1 in 9 twist was designed for "GreenTip" ammo aka SS109/M855 62 gr Penetrator. 1 in 7 twist is the cool guy twist these days. I'm cool since 1 in 7 is all I have now, but if they had a 1 in 9 twist Cold Hammer Forged I'd be all over that.

It will also shoot the 69gr SMK's /Sierra Match King Boat Tail Hollow Point aka OTM/ Open Tip Match Bullet

55 gr BTHP work well out of 1 in 9


----------



## dannydefense (Oct 9, 2013)

M193 and M855 will shoot just fine out of 1/9. Heavier bullets will go down range at quite lethal speeds, but they may not stabilize and you could wind up putting an expensive 75gr match round sideways through your target. Pick up a few boxes of ammo, and fire them until you find the one that likes your set up best.


----------



## AquaHull (Jun 10, 2012)

Sideways could be lethal though


----------



## bad (Feb 22, 2014)

Hi, What is a deference rifle? With a 1:9 barrel you can shoot up into the mid 60's. Wolf 55 grain shoots fine. The interesting thing with wolf 55fmj is that the tips are have a jacket of copper and the nose of the bullet is hollow.

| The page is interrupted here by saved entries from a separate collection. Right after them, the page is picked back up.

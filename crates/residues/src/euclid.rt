ghost use Rattle.std.specs.Prelude.{◌^◌, ◌<◌, ◌≤◌};

use crate::candidates::Candidate;

/// The step of the greatest quotient in Euclid's algorithm on a modulus and a value.
///
/// Its remainder is the smallest beside the one before. Where the value is a fraction of small
/// numbers, they are found there.
pub(crate) fn best_of(modulus: u64, value: u64) -> Candidate
    requires modulus { modulus ≤ 2 ^ 61 }
    requires value { value < modulus }
{
    let mut high = modulus;
    let mut low = value;
    let mut high_factor = 0;
    let mut low_factor = 1;
    let mut negative = false;
    let mut greatest = 0;
    let mut num = 0;
    let mut den = 1;
    let mut opposite = false;
    while low != 0 {
        let quotient = high / low;
        if quotient > greatest {
            greatest = quotient;
            num = low;
            den = low_factor;
            opposite = negative;
        }
        let rest = high % low;
        let factor = high_factor + quotient * low_factor;
        high = low;
        low = rest;
        high_factor = low_factor;
        low_factor = factor;
        negative = !negative;
    }
    Candidate { num, den, opposite }
}
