//! The parts of a row, which write themselves.
ghost use Rattle.std.specs.Prelude.{◌≡◌, ◌++◌, [], ◌∷◌, IfOk, OnOk, Some, map, string_bytes};
ghost use Rattle.std.specs.List.{concat, flat_map};
ghost use Rattle.std.specs.Option.{option_map};
ghost use Rattle.minidump_bytes.specs.LinuxOsStr.{text_of};
ghost use Rattle.minidump.specs.Below.Bytes.Piece.{piece_text};
ghost use Rattle.minidump.specs.Below.Records.Assertion.{text_or_empty};
ghost use Rattle.crash_threads.specs.Cause.{exception_of};
ghost use Rattle.crash_process.specs.Modules.{loaded_of};
ghost use Rattle.crash_lines.specs.Point.{code_at, flag_words, memory_words, names_after};
ghost use Rattle.crash_lines.specs.Point.{register_words, short_if};
ghost use Rattle.crash_lines.specs.Parts.{part_text};
ghost use Rattle.crash_lines.specs.Exceptions.{access_words, context_words, parameters_words};
ghost use Rattle.crash_lines.specs.Exceptions.{process_words, record_text, sender_words};
ghost use Rattle.crash_lines.specs.Words.{hex_unless, id_if, line_text, lossy_if, place_text};
ghost use Rattle.crash_lines.specs.Words.{stream_text, text_after, words_or};

use crate::lines::Added;
use crash::{
    Access, AddressMemory, ContextProblem, CrashException, CrashModule, Sender, ShortContext,
};
use minidump::Error;
use minidump::format::{GUID, MINIDUMP_STREAM_TYPE};
use minidump::own_streams::text_before_nul;
use minidump::system_info::{Cpu, Os};
use minidump::text::Piece::{Decimal, Hex, Left, Wide, WideDigits, Words};
use minidump::text::{Piece, push_pieces};
use minidump_bytes::LinuxOsStr;
use std::alloc::{AllocError, Global};

/// A part of a row, and what it writes. The words before a number or a text, and those after it, are
/// left out with it.
#[derive(Clone, Copy)]
pub enum Part<'a> {
    /// Words, as they are.
    Words(&'a str),
    /// Words if something is so.
    If(bool, &'a str),
    /// A number in decimal.
    Decimal(u64),
    /// A number in decimal between words, if there is one.
    DecimalIf(&'a str, Option<u64>, &'a str),
    /// A count between words, unless it is 0.
    Count(&'a str, usize, &'a str),
    /// A number in hexadecimal.
    Hex(u64),
    /// A number in hexadecimal after words, if there is one.
    HexIf(&'a str, Option<u64>),
    /// The same, unless it is this one.
    HexUnless(u64, &'a str, Option<u64>),
    /// The id of a process or a thread after words, in decimal and in hexadecimal, if it is known.
    Id(&'a str, Option<u32>),
    /// A text between words, if there is one.
    Text(&'a str, &'a Option<String>, &'a str),
    /// A text after words, unless it is absent or empty.
    TextAfter(&'a str, &'a Option<String>),
    /// A text after words, if there is one.
    Said(&'a str, Option<&'a str>),
    /// The text of UTF-16 up to its first 0 after words, unless it is empty or malformed.
    Units(&'a str, &'a [u16]),
    /// A text of Linux after words, if there is one, with U+FFFD for what isn't UTF-8.
    Lossy(&'a str, Option<LinuxOsStr<'a>>),
    /// An identifier of 128 bits.
    Guid(&'a GUID),
    /// The name of an operating system, with its number if it is unknown.
    Os(Os),
    /// The name of a processor.
    Cpu(Cpu),
    /// The name of the stream of a type, or its number if it has none.
    Stream(u32),
    /// The name of an error, if there is one.
    Failed(Option<Error>),
    /// The name of a file and its identifier after words, if it has one.
    Key(&'a str, &'a str, &'a Option<String>),
    /// The module of an index and the offset in it, or words if there is none.
    Place(&'a [CrashModule], &'a str, Option<(usize, u64)>),
    /// The state of memory, or its rights if it is committed.
    Memory(Option<AddressMemory>),
    /// What the record of an exception says beside its code and where it happened, and why its context
    /// can't be read.
    Record(&'a CrashException),
    /// A line of a source file, or of one that isn't known.
    Line(Option<LinuxOsStr<'a>>, u32),
    /// How much there is of a context after words, if it is cut.
    Short(&'a str, Option<ShortContext>),
    /// Flags and segments, each its name and its value.
    Flags(&'a [(&'static str, u64)]),
    /// Names after words, if there are any.
    Names(&'a str, &'a [&'static str]),
    /// Registers of this many bytes: the name of each in three columns, and its value.
    Registers(usize, &'a [(&'static str, u64)]),
    /// The bytes at an address, if there are any.
    Code(u64, &'a [u8]),
}

impl Part<'_> {
    // Appends what the part writes.
    #[rattlefmt::skip]
    pub(crate) fn push(&self, out: &mut String) -> Added
        ensures { OnOk result (string_bytes out.new ≡ string_bytes out.old ++ part_text self.now) }
    {
        match *self {
            Part::DecimalIf(_, None, _) | Part::Count(_, 0, _) | Part::HexIf(_, None)
            | Part::Id(_, None) | Part::Text(_, None, _) | Part::TextAfter(_, None)
            | Part::Said(_, None) | Part::Lossy(_, None) | Part::Failed(None)
            | Part::Key(_, _, None) => Ok(()),
            Part::Words(words) => out.push_str(words),
            Part::If(is_so, words) => out.push_str(words_or(is_so, words, "")),
            Part::Decimal(n) => push_pieces(out, &[Decimal(n)]),
            Part::DecimalIf(before, Some(n), after) => push_between(out, before, Decimal(n), after),
            Part::Count(before, n, after) => push_between(out, before, Decimal(n as u64), after),
            Part::Hex(n) => push_pieces(out, &[Hex(n)]),
            Part::HexIf(words, Some(n)) => push_between(out, words, Hex(n), ""),
            Part::HexUnless(known, words, n) => push_unless(out, known, words, n),
            Part::Id(words, Some(id)) => push_id(out, words, id),
            Part::Text(before, Some(text), after) =>
                push_between(out, before, Words(text.as_str()), after),
            Part::TextAfter(words, Some(text)) => push_after(out, words, text.as_str()),
            Part::Said(words, Some(text)) => push_between(out, words, Words(text), ""),
            Part::Units(words, units) => push_units(out, words, units),
            Part::Lossy(words, Some(text)) => push_lossy(out, words, text),
            Part::Guid(guid) => write!(out, "{guid}"),
            Part::Os(Os::Unknown(n)) => push_pieces(out, &[Words("unknown "), Hex(n as u64)]),
            Part::Os(os) => write!(out, "{os}"),
            Part::Cpu(cpu) => write!(out, "{cpu}"),
            Part::Stream(number) => push_stream(out, number),
            Part::Failed(Some(error)) => push_between(out, ": ", Words(error.name()), ""),
            Part::Key(words, file, Some(id)) =>
                push_pieces(out, &[Words(words), Words(file), Words("/"), Words(id.as_str())]),
            Part::Place(modules, nowhere, place) => push_place(out, modules, nowhere, place),
            Part::Memory(memory) => push_memory(out, memory),
            Part::Record(exception) => push_record(out, exception),
            Part::Line(file, line) => push_source(out, file, line),
            Part::Short(words, short) => push_short(out, words, short),
            Part::Flags(flags) => push_flags(out, flags),
            Part::Names(words, names) => push_names(out, words, names),
            Part::Registers(size, registers) => push_registers(out, size, registers),
            Part::Code(address, code) => push_code(out, address, code),
        }
    }
}

// Makes the text of parts.
pub(crate) fn format_parts(alloc: Global, parts: &[Part<'_>]) -> Result<String, AllocError>
    ensures { IfOk result (λ text. string_bytes text ≡ flat_map part_text parts.now) }
{
    let mut text = String::new(alloc);
    for part in parts {
        part.push(&mut text)?;
    }
    Ok(text)
}

// ---- numbers

// Appends a number or a text between words.
fn push_between(out: &mut String, before: &str, piece: Piece<'_>, after: &str) -> Added
    ensures { OnOk result (string_bytes out.new ≡ string_bytes out.old
        ++ concat (before.now ∷ piece_text piece.entry ∷ after.now ∷ [])) }
{
    push_pieces(out, &[Words(before), piece, Words(after)])
}

// Appends a number in hexadecimal after words, if there is one, unless it is this one.
fn push_unless(out: &mut String, known: u64, words: &str, n: Option<u64>) -> Added
    ensures { OnOk result
        (string_bytes out.new ≡ string_bytes out.old ++ hex_unless known words.now n) }
{
    match n {
        Some(n) if n != known => push_between(out, words, Hex(n), ""),
        _ => Ok(()),
    }
}

// Appends the id of a process or a thread after words.
#[rattlefmt::skip]
fn push_id(out: &mut String, words: &str, id: u32) -> Added
    ensures { OnOk result
        (string_bytes out.new ≡ string_bytes out.old ++ id_if words.now (Some id)) }
{
    push_pieces(out, &[
        Words(words), Decimal(id as u64), Words(" ("), Hex(id as u64), Words(")"),
    ])
}

// ---- texts

// Returns words if something is so, or else the others.
fn words_or<'x>(is_so: bool, words: &'x str, others: &'x str) -> &'x str
    ensures { result.now ≡ words_or is_so words.now others.now }
{
    if is_so { words } else { others }
}

// Appends a text after words, unless it is empty.
fn push_after(out: &mut String, words: &str, text: &str) -> Added
    ensures { OnOk result
        (string_bytes out.new ≡ string_bytes out.old ++ text_after words.now text.now) }
{
    match text.as_bytes() {
        [] => Ok(()),
        _ => push_pieces(out, &[Words(words), Words(text)]),
    }
}

// Appends a text of Linux after words.
fn push_lossy(out: &mut String, words: &str, text: LinuxOsStr<'_>) -> Added
    ensures { OnOk result (string_bytes out.new
        ≡ string_bytes out.old ++ lossy_if words.now (Some (text_of text.entry))) }
{
    let text = text.to_string_lossy(*out.allocator())?;
    push_between(out, words, Words(text.as_str()), "")
}

// Appends the text of UTF-16 up to its first 0 after words, unless it is empty or malformed.
fn push_units(out: &mut String, words: &str, units: &[u16]) -> Added
    ensures { OnOk result (string_bytes out.new
        ≡ string_bytes out.old ++ text_after words.now (text_or_empty units.now)) }
{
    match text_before_nul(*out.allocator(), units)? {
        Some(text) => push_after(out, words, text.as_str()),
        None => Ok(()),
    }
}

// Appends the name of the stream of a type, or its number if it has none.
fn push_stream(out: &mut String, number: u32) -> Added
    ensures { OnOk result (string_bytes out.new ≡ string_bytes out.old ++ stream_text number) }
{
    match MINIDUMP_STREAM_TYPE::from_u32(number) {
        Some(known_type) => out.push_str(known_type.name()),
        None => push_pieces(out, &[Words("stream "), Hex(number as u64)]),
    }
}

// Appends a line of a source file, or of one that isn't known.
fn push_source(out: &mut String, file: Option<LinuxOsStr<'_>>, line: u32) -> Added
    ensures { OnOk result (string_bytes out.new
        ≡ string_bytes out.old ++ line_text (option_map text_of file.entry) line) }
{
    match file {
        Some(file) => {
            push_lossy(out, " at ", file)?;
            push_between(out, ":", Decimal(line as u64), "")
        }
        None => push_between(out, " at line ", Decimal(line as u64), ""),
    }
}

// Appends how much there is of a context after words, if it is cut.
#[rattlefmt::skip]
fn push_short(out: &mut String, words: &str, short: Option<ShortContext>) -> Added
    ensures { OnOk result (string_bytes out.new ≡ string_bytes out.old ++ short_if words.now short) }
{
    match short {
        Some(short) => push_pieces(out, &[
            Words(words), Words("context of "), Decimal(short.size as u64), Words(" of "),
            Decimal(short.whole as u64), Words(" bytes"),
        ]),
        None => Ok(()),
    }
}

// ---- modules and memory

// Appends the module of an index with an offset in it, or words if there is none.
#[rattlefmt::skip]
fn push_place(
    out: &mut String,
    modules: &[CrashModule],
    nowhere: &str,
    place: Option<(usize, u64)>,
) -> Added
    ensures { OnOk result (string_bytes out.new ≡ string_bytes out.old
        ++ place_text (map loaded_of modules.now) nowhere.now place) }
{
    if let Some((index, offset)) = place && let Some(module) = modules.get(index) {
        push_pieces(out, &[
            Words(" in "), Words(module.path.as_str()), Words("+"), Hex(offset),
        ])
    } else {
        out.push_str(nowhere)
    }
}

// Appends the state of memory, or its rights if it is committed.
#[rattlefmt::skip]
fn push_memory(out: &mut String, memory: Option<AddressMemory>) -> Added
    ensures { OnOk result (string_bytes out.new ≡ string_bytes out.old ++ memory_words memory) }
{
    match memory {
        Some(AddressMemory::Free) => out.push_str(", memory free"),
        Some(AddressMemory::Reserved) => out.push_str(", memory reserved"),
        Some(AddressMemory::Committed(rights)) => push_pieces(out, &[
            Words(", memory "), Words(words_or(rights.is_readable, "r", "-")),
            Words(words_or(rights.is_writable, "w", "-")),
            Words(words_or(rights.is_executable, "x", "-")),
            Words(words_or(rights.is_guarded, " guarded", "")),
        ]),
        None => Ok(()),
    }
}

Our M16A1 rifles were 1:12" and shot 55 grain. I remember hitting pop up targets at 350-400 yards regularly with it.


----------



## dannydefense (Oct 9, 2013)

AquaHull said:


> Sideways could be lethal though


Sideways could be painfully lethal, and for home defense at 5 to maybe 50 yards tops, you're going to get the job done.

If you're like me, you shoot the guy in the leg for even thinking of stepping on my property, fire a couple warning shots across his bow to start him running... wait until he's about 200 yards down and yell that he forgot something, and then when he turns around... which is why I like my bullets to stabilize in flight.

That would be crazy though, I would never do that.


----------



## Smitty901 (Nov 16, 2012)

1 in 9 is for punching paper with lighter bullets become some what of a fad right now.
1 in 7 is you best all around for a 16 inch AR


----------



## bad (Feb 22, 2014)

I am not sure if it was a fad if the the entire army shot 12:1, everything comes back in style at some point.. 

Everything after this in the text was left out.